Stored items
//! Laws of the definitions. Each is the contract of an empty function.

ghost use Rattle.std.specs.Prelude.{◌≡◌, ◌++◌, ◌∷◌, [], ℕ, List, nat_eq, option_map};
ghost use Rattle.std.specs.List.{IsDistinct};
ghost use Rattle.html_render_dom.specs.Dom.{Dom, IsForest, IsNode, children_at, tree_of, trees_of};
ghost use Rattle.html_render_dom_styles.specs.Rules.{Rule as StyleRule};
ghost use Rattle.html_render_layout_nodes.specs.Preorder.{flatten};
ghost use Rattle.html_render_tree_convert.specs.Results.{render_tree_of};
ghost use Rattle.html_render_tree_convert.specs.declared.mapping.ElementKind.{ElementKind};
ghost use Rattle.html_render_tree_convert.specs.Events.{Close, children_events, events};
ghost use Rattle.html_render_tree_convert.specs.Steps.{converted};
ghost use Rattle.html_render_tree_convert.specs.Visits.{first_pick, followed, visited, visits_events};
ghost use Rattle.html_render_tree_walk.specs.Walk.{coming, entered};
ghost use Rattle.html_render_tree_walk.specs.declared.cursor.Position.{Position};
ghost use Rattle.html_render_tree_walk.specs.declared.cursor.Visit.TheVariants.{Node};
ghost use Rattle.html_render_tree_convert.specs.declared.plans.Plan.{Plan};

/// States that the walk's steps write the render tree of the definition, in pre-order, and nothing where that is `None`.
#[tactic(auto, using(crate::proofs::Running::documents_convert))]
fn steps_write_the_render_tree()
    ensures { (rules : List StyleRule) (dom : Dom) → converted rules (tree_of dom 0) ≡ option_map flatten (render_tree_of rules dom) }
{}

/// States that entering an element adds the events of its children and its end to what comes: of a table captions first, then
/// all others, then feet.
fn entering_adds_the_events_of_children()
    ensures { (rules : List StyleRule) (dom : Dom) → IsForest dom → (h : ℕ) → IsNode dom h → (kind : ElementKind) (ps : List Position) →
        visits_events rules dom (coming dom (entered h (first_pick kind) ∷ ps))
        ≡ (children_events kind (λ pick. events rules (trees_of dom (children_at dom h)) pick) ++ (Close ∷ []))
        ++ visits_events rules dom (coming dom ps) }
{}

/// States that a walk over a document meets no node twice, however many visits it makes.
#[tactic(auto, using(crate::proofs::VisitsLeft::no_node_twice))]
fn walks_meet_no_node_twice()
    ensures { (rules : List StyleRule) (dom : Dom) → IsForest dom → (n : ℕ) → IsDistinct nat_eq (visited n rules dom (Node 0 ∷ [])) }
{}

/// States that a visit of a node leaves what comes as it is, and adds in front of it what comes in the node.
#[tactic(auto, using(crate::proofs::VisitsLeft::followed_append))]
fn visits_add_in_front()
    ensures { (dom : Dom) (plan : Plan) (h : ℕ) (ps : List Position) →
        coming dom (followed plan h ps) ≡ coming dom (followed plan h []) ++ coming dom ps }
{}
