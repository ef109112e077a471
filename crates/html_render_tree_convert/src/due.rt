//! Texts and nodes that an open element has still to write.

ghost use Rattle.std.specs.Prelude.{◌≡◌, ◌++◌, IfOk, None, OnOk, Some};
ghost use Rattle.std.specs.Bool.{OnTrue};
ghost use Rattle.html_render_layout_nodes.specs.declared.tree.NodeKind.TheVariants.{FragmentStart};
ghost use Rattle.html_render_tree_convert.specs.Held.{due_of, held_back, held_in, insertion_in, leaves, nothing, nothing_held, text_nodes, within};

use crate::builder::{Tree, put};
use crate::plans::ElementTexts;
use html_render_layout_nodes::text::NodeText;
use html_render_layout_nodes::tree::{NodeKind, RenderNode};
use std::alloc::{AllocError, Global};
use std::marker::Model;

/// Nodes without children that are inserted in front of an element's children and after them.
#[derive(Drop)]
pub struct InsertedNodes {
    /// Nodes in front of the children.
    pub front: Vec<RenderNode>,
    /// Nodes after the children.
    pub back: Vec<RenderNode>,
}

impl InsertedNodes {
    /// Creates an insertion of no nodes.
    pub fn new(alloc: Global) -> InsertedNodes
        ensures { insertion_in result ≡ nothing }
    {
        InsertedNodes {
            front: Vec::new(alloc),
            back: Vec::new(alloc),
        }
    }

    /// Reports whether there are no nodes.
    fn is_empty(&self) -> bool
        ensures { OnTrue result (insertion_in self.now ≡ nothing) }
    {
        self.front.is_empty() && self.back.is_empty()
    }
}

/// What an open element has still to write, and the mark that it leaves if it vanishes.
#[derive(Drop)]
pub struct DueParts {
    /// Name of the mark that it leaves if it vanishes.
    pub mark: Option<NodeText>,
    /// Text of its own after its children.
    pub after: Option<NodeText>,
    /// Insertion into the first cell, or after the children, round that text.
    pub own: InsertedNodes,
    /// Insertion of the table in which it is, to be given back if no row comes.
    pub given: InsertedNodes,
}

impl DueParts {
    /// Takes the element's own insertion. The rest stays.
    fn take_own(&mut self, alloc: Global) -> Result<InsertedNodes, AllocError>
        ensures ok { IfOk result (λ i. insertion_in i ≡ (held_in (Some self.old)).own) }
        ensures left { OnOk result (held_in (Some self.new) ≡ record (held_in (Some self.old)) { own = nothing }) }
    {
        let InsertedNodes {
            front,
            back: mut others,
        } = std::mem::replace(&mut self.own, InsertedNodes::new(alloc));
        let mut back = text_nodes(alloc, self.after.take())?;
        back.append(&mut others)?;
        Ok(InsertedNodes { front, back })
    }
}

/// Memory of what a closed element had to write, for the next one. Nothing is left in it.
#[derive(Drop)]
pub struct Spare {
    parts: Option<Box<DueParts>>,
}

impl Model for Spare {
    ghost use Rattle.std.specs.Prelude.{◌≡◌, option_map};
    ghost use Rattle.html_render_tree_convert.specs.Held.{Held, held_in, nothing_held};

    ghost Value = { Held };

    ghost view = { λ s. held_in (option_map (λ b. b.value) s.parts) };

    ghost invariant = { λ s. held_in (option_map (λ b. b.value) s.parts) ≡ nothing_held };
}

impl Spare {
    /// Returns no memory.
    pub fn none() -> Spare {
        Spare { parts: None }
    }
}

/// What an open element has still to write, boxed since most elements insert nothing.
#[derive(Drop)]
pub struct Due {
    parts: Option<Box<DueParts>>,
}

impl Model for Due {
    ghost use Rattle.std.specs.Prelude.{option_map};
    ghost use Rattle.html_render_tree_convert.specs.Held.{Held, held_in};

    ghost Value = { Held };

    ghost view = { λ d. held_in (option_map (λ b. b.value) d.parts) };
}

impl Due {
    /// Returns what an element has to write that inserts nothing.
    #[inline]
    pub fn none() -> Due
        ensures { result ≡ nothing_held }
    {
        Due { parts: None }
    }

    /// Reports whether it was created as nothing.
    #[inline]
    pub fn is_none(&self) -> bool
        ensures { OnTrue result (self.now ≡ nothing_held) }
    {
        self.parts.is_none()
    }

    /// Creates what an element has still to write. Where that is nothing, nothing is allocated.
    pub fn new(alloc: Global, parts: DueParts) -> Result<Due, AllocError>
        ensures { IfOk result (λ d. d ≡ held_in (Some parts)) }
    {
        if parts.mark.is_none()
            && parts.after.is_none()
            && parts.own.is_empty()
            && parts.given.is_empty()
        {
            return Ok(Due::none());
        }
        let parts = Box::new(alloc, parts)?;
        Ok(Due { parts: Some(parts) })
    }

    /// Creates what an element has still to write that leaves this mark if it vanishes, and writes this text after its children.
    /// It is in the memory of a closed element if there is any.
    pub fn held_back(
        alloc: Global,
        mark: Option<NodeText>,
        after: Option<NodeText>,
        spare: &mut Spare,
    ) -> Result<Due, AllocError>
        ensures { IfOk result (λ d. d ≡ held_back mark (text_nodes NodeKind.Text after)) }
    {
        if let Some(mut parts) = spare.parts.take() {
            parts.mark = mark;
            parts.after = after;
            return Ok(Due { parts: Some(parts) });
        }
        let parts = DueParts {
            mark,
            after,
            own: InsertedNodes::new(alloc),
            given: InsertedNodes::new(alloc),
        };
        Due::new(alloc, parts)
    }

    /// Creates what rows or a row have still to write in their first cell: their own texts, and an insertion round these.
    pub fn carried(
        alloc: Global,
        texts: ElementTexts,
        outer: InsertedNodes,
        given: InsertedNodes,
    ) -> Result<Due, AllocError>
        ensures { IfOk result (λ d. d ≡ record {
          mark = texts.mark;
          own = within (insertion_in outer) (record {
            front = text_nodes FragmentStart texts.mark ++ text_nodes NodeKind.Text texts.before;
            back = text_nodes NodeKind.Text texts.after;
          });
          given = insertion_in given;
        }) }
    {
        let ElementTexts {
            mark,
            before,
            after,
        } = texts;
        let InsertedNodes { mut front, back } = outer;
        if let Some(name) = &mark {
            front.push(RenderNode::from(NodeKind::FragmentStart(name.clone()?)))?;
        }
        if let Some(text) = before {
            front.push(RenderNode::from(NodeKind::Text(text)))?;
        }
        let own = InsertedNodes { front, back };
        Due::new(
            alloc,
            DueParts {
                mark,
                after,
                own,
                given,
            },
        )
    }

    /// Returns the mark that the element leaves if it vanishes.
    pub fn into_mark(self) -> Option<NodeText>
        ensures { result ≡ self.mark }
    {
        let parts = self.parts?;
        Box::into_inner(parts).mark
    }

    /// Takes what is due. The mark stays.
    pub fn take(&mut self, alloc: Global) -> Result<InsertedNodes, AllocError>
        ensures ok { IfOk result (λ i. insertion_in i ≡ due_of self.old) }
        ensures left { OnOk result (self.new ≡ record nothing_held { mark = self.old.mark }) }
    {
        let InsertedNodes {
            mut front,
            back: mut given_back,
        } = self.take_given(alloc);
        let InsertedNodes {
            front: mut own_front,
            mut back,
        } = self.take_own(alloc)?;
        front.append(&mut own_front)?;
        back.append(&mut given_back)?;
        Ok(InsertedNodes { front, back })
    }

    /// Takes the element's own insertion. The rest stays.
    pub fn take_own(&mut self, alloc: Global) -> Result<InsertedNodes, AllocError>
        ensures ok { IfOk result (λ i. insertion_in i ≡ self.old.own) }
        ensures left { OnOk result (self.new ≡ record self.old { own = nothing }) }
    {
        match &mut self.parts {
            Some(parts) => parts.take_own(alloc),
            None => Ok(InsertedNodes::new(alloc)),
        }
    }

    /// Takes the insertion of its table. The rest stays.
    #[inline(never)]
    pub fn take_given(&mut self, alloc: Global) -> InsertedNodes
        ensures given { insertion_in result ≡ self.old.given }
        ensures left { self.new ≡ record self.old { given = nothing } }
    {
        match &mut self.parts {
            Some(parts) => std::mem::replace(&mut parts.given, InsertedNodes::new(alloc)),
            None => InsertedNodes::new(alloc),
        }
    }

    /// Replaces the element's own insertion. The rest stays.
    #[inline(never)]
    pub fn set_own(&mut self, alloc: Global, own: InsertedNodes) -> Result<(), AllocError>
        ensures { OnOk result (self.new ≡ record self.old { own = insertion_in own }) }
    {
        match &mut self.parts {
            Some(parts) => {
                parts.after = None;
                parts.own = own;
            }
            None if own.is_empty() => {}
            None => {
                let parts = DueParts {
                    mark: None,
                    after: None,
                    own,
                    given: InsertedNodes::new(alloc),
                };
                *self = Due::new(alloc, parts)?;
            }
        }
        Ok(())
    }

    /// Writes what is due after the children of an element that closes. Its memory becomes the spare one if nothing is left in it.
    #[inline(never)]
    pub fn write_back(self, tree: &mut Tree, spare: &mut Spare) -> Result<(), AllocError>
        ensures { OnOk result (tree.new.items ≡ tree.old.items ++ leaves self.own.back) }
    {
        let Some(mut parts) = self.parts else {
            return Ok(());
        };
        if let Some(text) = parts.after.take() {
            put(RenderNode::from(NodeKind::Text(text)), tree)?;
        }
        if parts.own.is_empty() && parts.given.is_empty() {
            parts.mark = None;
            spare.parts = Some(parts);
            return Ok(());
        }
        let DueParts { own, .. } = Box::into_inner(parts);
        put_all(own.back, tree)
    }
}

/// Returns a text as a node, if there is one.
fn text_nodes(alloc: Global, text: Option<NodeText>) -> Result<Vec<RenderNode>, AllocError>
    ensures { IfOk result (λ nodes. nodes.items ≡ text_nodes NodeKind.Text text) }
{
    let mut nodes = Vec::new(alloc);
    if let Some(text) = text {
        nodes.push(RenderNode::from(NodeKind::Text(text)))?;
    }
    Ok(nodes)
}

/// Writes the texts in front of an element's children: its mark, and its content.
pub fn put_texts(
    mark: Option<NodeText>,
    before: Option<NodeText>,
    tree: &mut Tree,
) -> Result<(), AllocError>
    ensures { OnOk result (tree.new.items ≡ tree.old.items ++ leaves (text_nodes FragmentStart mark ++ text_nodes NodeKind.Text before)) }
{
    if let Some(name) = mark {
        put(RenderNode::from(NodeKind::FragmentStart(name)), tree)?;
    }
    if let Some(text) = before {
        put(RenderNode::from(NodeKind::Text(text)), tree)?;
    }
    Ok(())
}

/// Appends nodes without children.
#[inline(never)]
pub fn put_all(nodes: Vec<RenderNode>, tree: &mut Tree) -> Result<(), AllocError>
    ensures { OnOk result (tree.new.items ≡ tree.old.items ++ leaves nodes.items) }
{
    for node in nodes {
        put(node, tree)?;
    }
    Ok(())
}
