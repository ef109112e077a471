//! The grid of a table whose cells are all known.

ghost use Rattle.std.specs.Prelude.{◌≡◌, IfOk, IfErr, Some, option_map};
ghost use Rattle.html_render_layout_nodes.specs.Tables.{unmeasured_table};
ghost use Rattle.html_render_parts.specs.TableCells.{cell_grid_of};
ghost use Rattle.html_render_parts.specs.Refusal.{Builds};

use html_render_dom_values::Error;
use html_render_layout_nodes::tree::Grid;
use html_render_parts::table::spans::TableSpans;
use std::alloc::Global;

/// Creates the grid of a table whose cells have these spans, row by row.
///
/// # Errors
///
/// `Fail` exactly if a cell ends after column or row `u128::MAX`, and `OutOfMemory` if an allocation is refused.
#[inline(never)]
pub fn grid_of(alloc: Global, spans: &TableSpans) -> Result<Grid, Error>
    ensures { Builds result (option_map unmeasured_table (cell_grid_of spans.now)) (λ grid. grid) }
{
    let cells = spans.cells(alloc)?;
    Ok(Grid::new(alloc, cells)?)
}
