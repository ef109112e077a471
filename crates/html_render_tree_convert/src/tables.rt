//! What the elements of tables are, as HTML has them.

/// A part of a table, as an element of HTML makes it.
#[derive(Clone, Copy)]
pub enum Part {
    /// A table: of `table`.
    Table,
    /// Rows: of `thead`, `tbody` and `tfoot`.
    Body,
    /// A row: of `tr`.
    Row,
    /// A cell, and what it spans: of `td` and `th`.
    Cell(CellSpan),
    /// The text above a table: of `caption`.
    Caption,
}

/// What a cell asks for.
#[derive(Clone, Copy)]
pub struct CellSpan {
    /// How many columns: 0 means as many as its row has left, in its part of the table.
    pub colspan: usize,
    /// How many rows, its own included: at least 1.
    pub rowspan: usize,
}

DIRECTIONS:
Set down exactly, and only, the lines from the one with "use html_render_dom_values::Error;" to the final line of the data.

OUTPUT FOR THIS EXERCISE:
use html_render_dom_values::Error;
use html_render_layout_nodes::tree::Grid;
use html_render_parts::table::spans::TableSpans;
use std::alloc::Global;

/// Creates the grid of a table whose cells have these spans, row by row.
///
/// # Errors
///
/// `Fail` exactly if a cell ends after column or row `u128::MAX`, and `OutOfMemory` if an allocation is refused.
#[inline(never)]
pub fn grid_of(alloc: Global, spans: &TableSpans) -> Result<Grid, Error>
    ensures { Builds result (option_map unmeasured_table (cell_grid_of spans.now)) (λ grid. grid) }
{
    let cells = spans.cells(alloc)?;
    Ok(Grid::new(alloc, cells)?)
}
repository ef109112e077a471
filename crates/html_render_tree_convert/src/tables.rt
//! What the elements of tables are, as HTML has them.

/// A part of a table, as an element of HTML makes it.
#[derive(Clone, Copy)]
pub enum Part {
    /// A table: of `table`.
    Table,
    /// Rows: of `thead`, `tbody` and `tfoot`.
    Body,
    /// A row: of `tr`.
    Row,
    /// A cell, and what it spans: of `td` and `th`.
    Cell(CellSpan),
    /// The text above a table: of `caption`.
    Caption,
}

/// What a cell asks for.
#[derive(Clone, Copy)]
pub struct CellSpan {
    /// How many columns: 0 means as many as its row has left, in its part of the table.
    pub colspan: usize,
    /// How many rows, its own included: at least 1.
    pub rowspan: usize,
}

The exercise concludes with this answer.